── Dataset entries
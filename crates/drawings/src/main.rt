// Stored drawings: the lines of each are compared with those stored beside it, byte by byte.
//
// The file list has a line of six words for each: the drawing, the file of its lines, and the hard limits left, bottom, right, top.
#![tactic(auto)]

ghost use Rattle.std.specs.Prelude.{◌≡◌, ◌+◌, ◌≤◌, ◌==◌, length, take, drop, position};
ghost use Rattle.drawings.specs.Part.{index_of};

use clip::Rect;
use delivery::files::{Sink, run};
use output::Text;
use std::fmt;
use std::fmt::Write;
use streams::{Source, Stream, number_of, read_full, tell};
use textlines::word::{limits_of, whole_of};

// The place of the first such byte, if there is one.
fn first_at(text: &[u8], byte: u8) -> Option<usize>
    ensures { result ≡ position (λ b. b == byte) text.now }
{
    text.iter().position(|b| *b == byte)
}

// The place of the first such byte, or the end.
fn find(text: &[u8], byte: u8) -> usize
    ensures value { result ≡ index_of byte text.now }
    ensures upper_bound { result ≤ length text.now }
{
    first_at(text, byte).unwrap_or(text.len())
}

// The word that a line begins with, and what follows the blank after it: nothing after the last one.
fn word(line: &[u8]) -> (&[u8], &[u8])
    ensures word { result.0.now ≡ take (index_of 32 line.now) line.now }
    ensures rest { result.1.now ≡ drop (index_of 32 line.now + 1) line.now }
{
    let (word, rest) = line.split_at(find(line, b' '));
    (word, rest.get(1..).unwrap_or(&[]))
}

fn open(rt: &HostRuntime, name: &[u8]) -> Option<Stream<Source>> {
    match streams::open(rt, name) {
        Ok(file) => Some(file),
        Err(error) => {
            tell(rt.stderr(), name, number_of(&error));
            None
        }
    }
}

// Whether the file that lines were compared with has nothing more.
fn at_end(sink: &mut Sink) -> bool {
    let Sink::Compare(file) = sink else {
        return false;
    };
    let mut byte = [0u8; 1];
    let got = streams::read(file, &mut byte);
    got.good && got.count == 0
}

// What came of a drawing, after the name of its file, which need be no text: so many lines are as stored, and all of them are or the next one differs.
fn put_outcome(out: &mut Text<'_>, name: &[u8], same: u64, whole: bool) -> fmt::Result {
    out.write_bytes(name)?;
    if whole {
        writeln!(out, ": as stored, {same} lines")
    } else {
        writeln!(out, ": differs at line {}", same.wrapping_add(1))
    }
}

// Compares the lines of a drawing with those of a file of this name, and says what came of it.
fn compare(
    rt: &HostRuntime,
    name: &[u8],
    asked: Option<Rect>,
    mut drawing: Stream<Source>,
    stored: Stream<Source>,
) {
    let mut sink = Sink::Compare(stored);
    let finished = run(asked, &mut drawing, &mut sink);
    let whole = finished.end.is_ok() && at_end(&mut sink);
    let mut out = Text::new(rt);
    // a write that failed is told at the end
    let _ = put_outcome(&mut out, name, finished.tally.same, whole);
    out.finish(b"drawings: standard output");
}

// A line has its words between blanks. One that is missing is empty, as one between two blanks is.
fn check_line(rt: &HostRuntime, line: &[u8]) {
    let (drawn, rest) = word(line);
    let (kept, rest) = word(rest);
    let (left, rest) = word(rest);
    let (bottom, rest) = word(rest);
    let (right, rest) = word(rest);
    let (top, _) = word(rest);
    let asked = limits_of(
        whole_of(left),
        whole_of(bottom),
        whole_of(right),
        whole_of(top),
    );
    let Some(drawing) = open(rt, drawn) else {
        return;
    };
    let Some(stored) = open(rt, kept) else {
        return;
    };
    compare(rt, kept, asked, drawing, stored);
}

fn check_list(rt: &HostRuntime, list: &[u8]) {
    for line in list.split_inclusive(|byte| *byte == b'\n') {
        check_line(rt, line.strip_suffix(b"\n").unwrap_or(line));
    }
}

fn main(rt: HostRuntime) {
    let mut space = io::large_buffer();
    let Some(mut file) = open(&rt, b"list") else {
        return;
    };
    let got = read_full(&mut file, &mut space);
    if !got.good {
        tell(rt.stderr(), b"list", file.error);
        return;
    }
    check_list(&rt, &space[..got.count]);
}
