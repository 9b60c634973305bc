// Positions on an axis, circles and arcs, in code: each module as the definitions of its name in the crate plane say.
#![tactic(auto)]

pub mod arc;
pub mod circle;
pub mod position;
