// Circles: how many chords, the angle of a vertex, its way from the centre, and its location.
// The centre is split once, so that no vertex overflows: specs/Circle.antt of the crate plane says what a vertex is, CircleLaws.antt that the split finds it.
ghost use Rattle.std.specs.Prelude.{◌≡◌, ◌≤◌, ◌<◌, pos};
ghost use Rattle.exact.specs.Whole.{◌<ᶻ◌};
ghost use Rattle.exact.specs.Fit.{Bd};
ghost use Rattle.clip.specs.Reach.{reach};
ghost use Rattle.sines.specs.Table.{sines};
ghost use Rattle.plane.specs.Circle.{chords_of, angle_of, rotated_of, split_of, centre_of, from_centre, point_from_centre};
ghost use Rattle.plane.specs.Bounds.{AxisBounds, Locatable, WayBounds, CentreBounds, most_product, most_width, most_way, most_angle};

use clip::Point;
use exact::{floor_div, nearest_div};
use plane::circle::{Centre, Way};
use plane::position::{Axis, ExactPosition};
use sines::{cosine, sine};

// Tenths of a degree in a circle.
const CIRCLE: usize = 3600;

// What sines and cosines, and so rotated ways, are scaled by.
const SCALE: i64 = 100_000;

pub fn chords(angle: usize) -> usize
    requires { (0 < angle) × (angle ≤ most_angle) }
    ensures { result ≡ chords_of angle }
{
    (CIRCLE + angle - 1) / angle
}

// The angle of the vertex i; the last is the first again.
pub fn vertex_angle(angle: usize, i: usize) -> i64
    requires { (0 < angle) × (angle ≤ most_angle) }
    ensures { result ≡ angle_of angle i }
{
    if i < chords(angle) {
        (i * angle) as i64
    } else {
        0
    }
}

// The way turned by an angle, scaled.
pub fn rotated(w: Way, table: &[u32], angle: i64) -> Way
    requires { WayBounds w × (table.now ≡ sines) }
    ensures { result ≡ rotated_of w angle }
{
    let c = cosine(table, angle);
    let s = sine(table, angle);
    Way {
        u: w.u * c - w.v * s,
        v: w.u * s + w.v * c,
    }
}

// The whole part of n / w joins the base, and the rest is kept.
fn split(base: i64, n: i64, d: i64, w: i64) -> Centre
    requires { Bd base reach × Bd n most_product × Bd w most_width × (pos 0 <ᶻ w) }
    ensures { result ≡ split_of base n d w }
{
    let q = floor_div(n, w);
    Centre {
        base: base + q,
        part: n - q * w,
        span: d,
        width: w,
    }
}

// The centre on an axis, once for a circle. The width's sign goes to the span.
pub fn centre_of(a: Axis, p: ExactPosition) -> Centre
    requires { AxisBounds a × Locatable a p }
    ensures { result ≡ centre_of a p }
{
    let n = p.offset * a.span;
    if a.width < 0 {
        return split(p.base, -n, -a.span, -a.width);
    }
    split(p.base, n, a.span, a.width)
}

// The vertex on an axis, t from the centre, scaled.
pub fn vertex(c: Centre, t: i64) -> i64
    requires { CentreBounds c × Bd t most_way }
    ensures { result ≡ from_centre c t }
{
    c.base + nearest_div(c.part * SCALE + t * c.span, c.width * SCALE)
}

// The location of a vertex: a way from the centre, turned by an angle. A circle's way is (radius, 0).
pub fn vertex_point(cx: Centre, cy: Centre, w: Way, table: &[u32], angle: i64) -> Point
    requires { CentreBounds cx × CentreBounds cy × WayBounds w × (table.now ≡ sines) }
    ensures { result ≡ point_from_centre cx cy w angle }
{
    let t = rotated(w, table, angle);
    let x = vertex(cx, t.u);
    let y = vertex(cy, t.v);
    Point { x, y }
}
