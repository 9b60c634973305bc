// Arcs: the way from the centre to the position, how many chords, what the way is turned by at each vertex, and whether every vertex is in range.
// specs/Arc.antt of the crate plane says what, ArcLaws.antt what holds of it. A circle is the arc of a whole turn.
ghost use Rattle.std.specs.Prelude.{◌≡◌, ◌+◌, ◌*◌, ◌≤◌, ◌<◌, nat_abs};
ghost use Rattle.exact.specs.Fit.{Bd};
ghost use Rattle.sines.specs.Table.{sines};
ghost use Rattle.plane.specs.Arc.{way_of, way_fits, parts_of, bend_of, both_in_range, fits_from, ends_fit, round_fits, arc_fits};
ghost use Rattle.plane.specs.Bounds.{AxisBounds, Locatable, WayBounds, CentreBounds, most_number, most_angle, most_sweep};

use super::circle::{vertex, vertex_point};
use super::position::in_range;
use clip::Point;
use exact::nearest_div;
use plane::circle::{Centre, Way};
use plane::position::{Axis, ExactPosition};

// The largest way, in ten-thousandths: 32768 units.
const MOST: i64 = 327_680_000;

// What ways are scaled by where they are turned.
const SCALE: i64 = 100_000;

// The way on one axis, from the centre q to the position p.
pub fn way_from(a: Axis, p: ExactPosition, q: ExactPosition) -> i64
    requires { AxisBounds a × Locatable a p × Locatable a q }
    ensures { result ≡ way_of a p q }
{
    p.offset - q.offset + nearest_div((p.base - q.base) * a.width, a.span)
}

// Whether a way is at most 32768 units on each axis.
pub fn way_fits(w: Way) -> bool
    ensures { result ≡ way_fits w }
{
    -MOST <= w.u && w.u <= MOST && -MOST <= w.v && w.v <= MOST
}

// How large a number is, whatever its sign.
fn size(n: i64) -> usize
    requires { Bd n most_number }
    ensures { result ≡ nat_abs n }
{
    n.unsigned_abs() as usize
}

// How many chords.
pub fn parts(sweep: i64, angle: usize) -> usize
    requires { Bd sweep most_sweep × (0 < angle) × (angle ≤ most_angle) }
    ensures { result ≡ parts_of sweep angle }
{
    (size(sweep) + angle - 1) / angle
}

// What the way is turned by at vertex i: whole chord angles, and at the last the sweep.
pub fn bend(sweep: i64, angle: usize, i: usize) -> i64
    requires { Bd sweep most_sweep × (0 < angle) × (angle ≤ most_angle) }
    ensures { result ≡ bend_of sweep angle i }
{
    if i < parts(sweep, angle) {
        let n = (i * angle) as i64;
        if sweep < 0 {
            return -n;
        }
        return n;
    }
    sweep
}

fn both_in_range(p: Point) -> bool
    ensures { result ≡ both_in_range p }
{
    in_range(p.x) && in_range(p.y)
}

// Whether the two points at a distance from the centre on its axis are in range.
fn ends_fit(c: Centre, distance: usize) -> bool
    requires { CentreBounds c × (distance ≤ 2 * most_number) }
    ensures { result ≡ ends_fit c distance }
{
    let t = distance as i64;
    in_range(vertex(c, t * SCALE)) && in_range(vertex(c, -t * SCALE))
}

// Whether the points at the length of the way are in range, on both axes: then every vertex is.
// The two centres and the way one by one: a type of the three would ask callers for what these clauses ask, and more.
pub fn round_fits(cx: Centre, cy: Centre, w: Way) -> bool
    requires { CentreBounds cx × CentreBounds cy × WayBounds w }
    ensures { result ≡ round_fits cx cy w }
{
    let distance = size(w.u) + size(w.v);
    ends_fit(cx, distance) && ends_fit(cy, distance)
}

// Whether the vertices from one on, so many, are in range, one by one. No arc has more vertices than tenths of a degree in a turn, and the one where it starts.
pub fn each_fits(
    cx: Centre,
    cy: Centre,
    w: Way,
    table: &[u32],
    sweep: i64,
    angle: usize,
    from: usize,
    many: usize,
) -> bool
    requires { CentreBounds cx × CentreBounds cy × WayBounds w × (table.now ≡ sines) × Bd sweep most_sweep × (0 < angle) × (angle ≤ most_angle) × (from + many ≤ most_sweep + 1) }
    ensures { result ≡ fits_from cx cy w sweep angle from many }
{
    for i in from..from + many {
        if !both_in_range(vertex_point(cx, cy, w, table, bend(sweep, angle, i))) {
            return false;
        }
    }
    true
}

// Whether every vertex after the first is in range: in most drawings at a glance.
pub fn arc_fits(cx: Centre, cy: Centre, w: Way, table: &[u32], sweep: i64, angle: usize) -> bool
    requires { CentreBounds cx × CentreBounds cy × WayBounds w × (table.now ≡ sines) × Bd sweep most_sweep × (0 < angle) × (angle ≤ most_angle) }
    ensures { result ≡ arc_fits cx cy w sweep angle }
{
    round_fits(cx, cy, w) || each_fits(cx, cy, w, table, sweep, angle, 1, parts(sweep, angle))
}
────
Task instructions = List every line above containing the word "Option".

Written solution =
fn first_at(text: &[u8], byte: u8) -> Option<usize>
fn open(rt: &HostRuntime, name: &[u8]) -> Option<Stream<Source>> {
    asked: Option<Rect>,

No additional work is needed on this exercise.